[SOURCE INFORMATION]

// The trial table run through chips and windows, and what else a chip must do and refuse.
use super::*;
use board::{Board, Plain, ReadBoard};
use board_model::Range;
use board_shield::Shield;
use board_window::Window;
use chip::{Chip, ParkedChip};
use datasheet::{Marks, Refusal, Sample, Sheet};
use script::{Counts, chip_visit};
use std::alloc::Global;
use std::process::Abort;
use std::test::Fail;

/// Puts a sample and answers the bit that is read off SO, high-Z as 1.
fn put(chip: &mut Chip<'_>, sample: Sample) -> Result<bool, Fail> {
    Ok(chip.sample(u8::from(sample))?.bit())
}

/// Puts these samples, in which HOLD falls and is let go.
fn let_go(chip: &mut Chip<'_>, samples: &[u8]) -> Result<(), Fail> {
    for sample in samples {
        let _ = chip.sample(*sample)?;
    }
    Ok(())
}

/// Puts what HOLD does behind so many bits.
fn hold_behind(chip: &mut Chip<'_>, hold: Hold, sent: usize) -> Result<(), Fail> {
    match hold {
        Hold::Amid { behind, samples } if behind == sent => let_go(chip, samples),
        _ => Ok(()),
    }
}

/// Puts a session to the pins of the chip, and answers the bytes that are read at the rises.
fn put_session(
    alloc: Global,
    chip: &mut Chip<'_>,
    session: &TrialSession,
) -> Result<Vec<u8>, Fail> {
    let mut read = Vec::new(alloc);
    if session.hold == Hold::LowAtTheStart {
        let_go(chip, &[0x08, 0x0A, 0x1A])?;
        let _ = put(chip, Sample::selected())?;
    } else {
        let _ = put(chip, Sample::selected())?;
    }
    let mut sent = 0usize;
    for byte in session.bytes {
        let mut shown = 0u8;
        for i in 0..8u8 {
            hold_behind(chip, session.hold, sent)?;
            if sent < session.bits {
                let mask = 0x80u8 >> i;
                let fall = Sample {
                    si: byte & mask != 0,
                    ..Sample::selected()
                };
                if put(chip, Sample { sck: true, ..fall })? {
                    shown |= mask;
                }
                let _ = put(chip, fall)?;
            }
            sent = sent.saturating_add(1);
        }
        read.push(shown)?;
    }
    hold_behind(chip, session.hold, sent)?;
    let _ = put(chip, Sample::deselected())?;
    Ok(read)
}

/// Sends all sessions of a row, and answers the bytes that are read in the last of them.
fn send_all(alloc: Global, chip: &mut Chip<'_>, case: &PinCase) -> Result<Vec<u8>, Fail> {
    for session in case.before {
        let _ = put_session(alloc, chip, session)?;
    }
    put_session(alloc, chip, &case.last)
}

/// Sends the sessions of a row to a chip over a memory of zeros, and looks at what is read and kept.
fn run_pins(rt: &(impl Abort + Alloc<A = Global>), case: &PinCase) -> Result<(), Fail> {
    let alloc = rt.alloc();
    let f = match case.part {
        Part::Mb85rs256b => 0x09,
        _ => 0x02,
    };
    let sheet = Sheet::of(case.part, 0, f);
    let mut memory = vec![in alloc; 0u8; sheet.cells()]?;
    let mut chip = ParkedChip::new(sheet, case.stored).power(&mut memory);
    let sent = send_all(alloc, &mut chip, case);
    let _ = chip.power_off().into_parts();
    assert_eq!(rt; sent?.as_slice(), case.seen);
    for change in case.changed {
        assert_eq!(rt; memory.get(change.cell).copied(), Some(change.byte));
        if let Some(cell) = memory.get_mut(change.cell) {
            *cell = 0;
        }
    }
    assert!(rt; memory.iter().all(|byte| *byte == 0));
    Ok(())
}

/// Builds the window of a row, and looks at its size.
fn run_window(rt: &(impl Abort + Alloc<A = Global>), case: &WindowCase) -> Result<(), Fail> {
    let mut memory = vec![in rt.alloc(); 0u8; case.cells]?;
    let mut window = Window::new(Plain::new(&mut memory), case.offset, case.count);
    assert_eq!(rt; window.size(), case.size);
    Ok(())
}

#[test]
fn chip_and_windows_do_what_the_table_says(rt: HostRuntime) -> Result<(), Fail> {
    for i in 0..case_count() {
        let case = case_at(i).ok_or("a row is missing")?;
        match case {
            Case::Pins(pins) => run_pins(&rt, &pins)?,
            Case::Window(window) => run_window(&rt, &window)?,
        }
    }
    assert!(rt; case_at(case_count()).is_none());
    Ok(())
}

/// What a run of this script on a blank chip answers, with this answer buffer.
fn blank_run(script: &[u8], buffer: &mut [u8]) -> Result<Counts, Refusal> {
    let mut memory = [0; 16];
    let parked = ParkedChip::new(Sheet::of(Part::Mb85rs64vy, 0, 0x02), 0);
    let (result, parked) = chip_visit(parked, &mut memory, script, buffer);
    let _ = parked.into_parts();
    result
}

#[test]
fn calls_are_refused_as_they_must(rt: HostRuntime) {
    let marks = Marks {
        drop: false,
        sleep: false,
        fast: false,
    };
    assert_eq!(rt; Sheet::new(0x20, 0, marks), Err(Refusal::NoSheet));
    assert_eq!(rt; Sheet::new(0x05, 0, marks).map(Sheet::cells), Ok(32768));
    let sheet = Sheet::of(Part::Mb85rs64vy, 0, 0x02);
    assert_eq!(rt; sheet.check_memory(&[0; 8191]), Err(Refusal::MemoryLength));
    assert_eq!(rt; sheet.check_memory(&[0; 8192]), Ok(()));
    assert_eq!(rt;
        blank_run(&[0x02, 0x09], &mut [0; 36]),
        Err(Refusal::UnknownKind { place: 1 })
    );
    assert_eq!(rt;
        blank_run(&[0x02, 0x01], &mut [0; 36]),
        Err(Refusal::ShortStep { place: 1 })
    );
    assert_eq!(rt;
        blank_run(&[0x02, 0x02], &mut [0; 9]),
        Err(Refusal::ShortBuffer)
    );
    assert_eq!(rt;
        blank_run(&[0x02, 0x02], &mut [0; 18]),
        Ok(Counts { steps: 2, bytes: 2 })
    );
}

#[test]
fn a_refusal_says_why(rt: HostRuntime) -> Result<(), Fail> {
    let alloc = rt.alloc();
    let fault = format!(in alloc; "{}", Refusal::UnknownKind { place: 3 })?;
    let fence = format!(in alloc; "{}", Refusal::Fenced)?;
    assert_eq!(rt;
        fault.as_str(),
        "the kind of the step at byte 3 is not known to this run"
    );
    assert_eq!(rt;
        fence.as_str(),
        "a cell in the range of the write is fenced"
    );
    Ok(())
}

#[test]
fn a_blank_chip_shows_and_changes_nothing(rt: HostRuntime) -> Result<(), Fail> {
    let mut memory = [0x5A; 3];
    let mut chip = ParkedChip::new(Sheet::of(Part::Mb85rs64vy, 0, 0x02), 0).power(&mut memory);
    let sent = put_session(rt.alloc(), &mut chip, &WRITE_AT_THE_END);
    let beyond = chip.sample(0x20);
    let _ = chip.power_off().into_parts();
    assert_eq!(rt; sent?.as_slice(), [0xFF; 5].as_slice());
    assert_eq!(rt; beyond, Err(Refusal::NotASample));
    assert_eq!(rt; memory, [0x5A; 3]);
    Ok(())
}

#[test]
fn a_read_of_no_cells_reaches_to_the_end(rt: HostRuntime) {
    let mut memory = [0; 8192];
    let mut board = Plain::new(&mut memory);
    assert_eq!(rt; board.read(8192, &mut []), Ok(()));
    assert_eq!(rt; board.read(8193, &mut []), Err(Refusal::OutOfRange));
}

#[test]
fn a_write_of_no_cells_passes_a_fence(rt: HostRuntime) {
    let mut memory = [0; 8];
    let mut board = Shield::new(Plain::new(&mut memory));
    assert_eq!(rt; board.add(Range { start: 3, count: 1 }), Ok(()));
    assert_eq!(rt; board.write(3, &[]), Ok(()));
    assert_eq!(rt; board.write(3, &[0xAA]), Err(Refusal::Fenced));
    assert_eq!(rt; board.write(3, &[0xAA; 6]), Err(Refusal::OutOfRange));
    assert_eq!(rt; board.write(4, &[0xAA; 4]), Ok(()));
    assert_eq!(rt; board.widen(1, 1), Err(Refusal::OutOfRange));
    for _ in 1..8 {
        assert_eq!(rt; board.add(Range { start: 0, count: 0 }), Ok(()));
    }
    assert_eq!(rt;
        board.add(Range { start: 0, count: 0 }),
        Err(Refusal::ShieldFull)
    );
    assert_eq!(rt; memory, [0, 0, 0, 0, 0xAA, 0xAA, 0xAA, 0xAA]);
}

[/SOURCE INFORMATION]

TASK INSTRUCTIONS
Show, from the listing above, every line holding the word "HostRuntime".

RESULT OF THE TASK
fn chip_and_windows_do_what_the_table_says(rt: HostRuntime) -> Result<(), Fail> {
fn calls_are_refused_as_they_must(rt: HostRuntime) {
fn a_refusal_says_why(rt: HostRuntime) -> Result<(), Fail> {
fn a_blank_chip_shows_and_changes_nothing(rt: HostRuntime) -> Result<(), Fail> {
fn a_read_of_no_cells_reaches_to_the_end(rt: HostRuntime) {
fn a_write_of_no_cells_passes_a_fence(rt: HostRuntime) {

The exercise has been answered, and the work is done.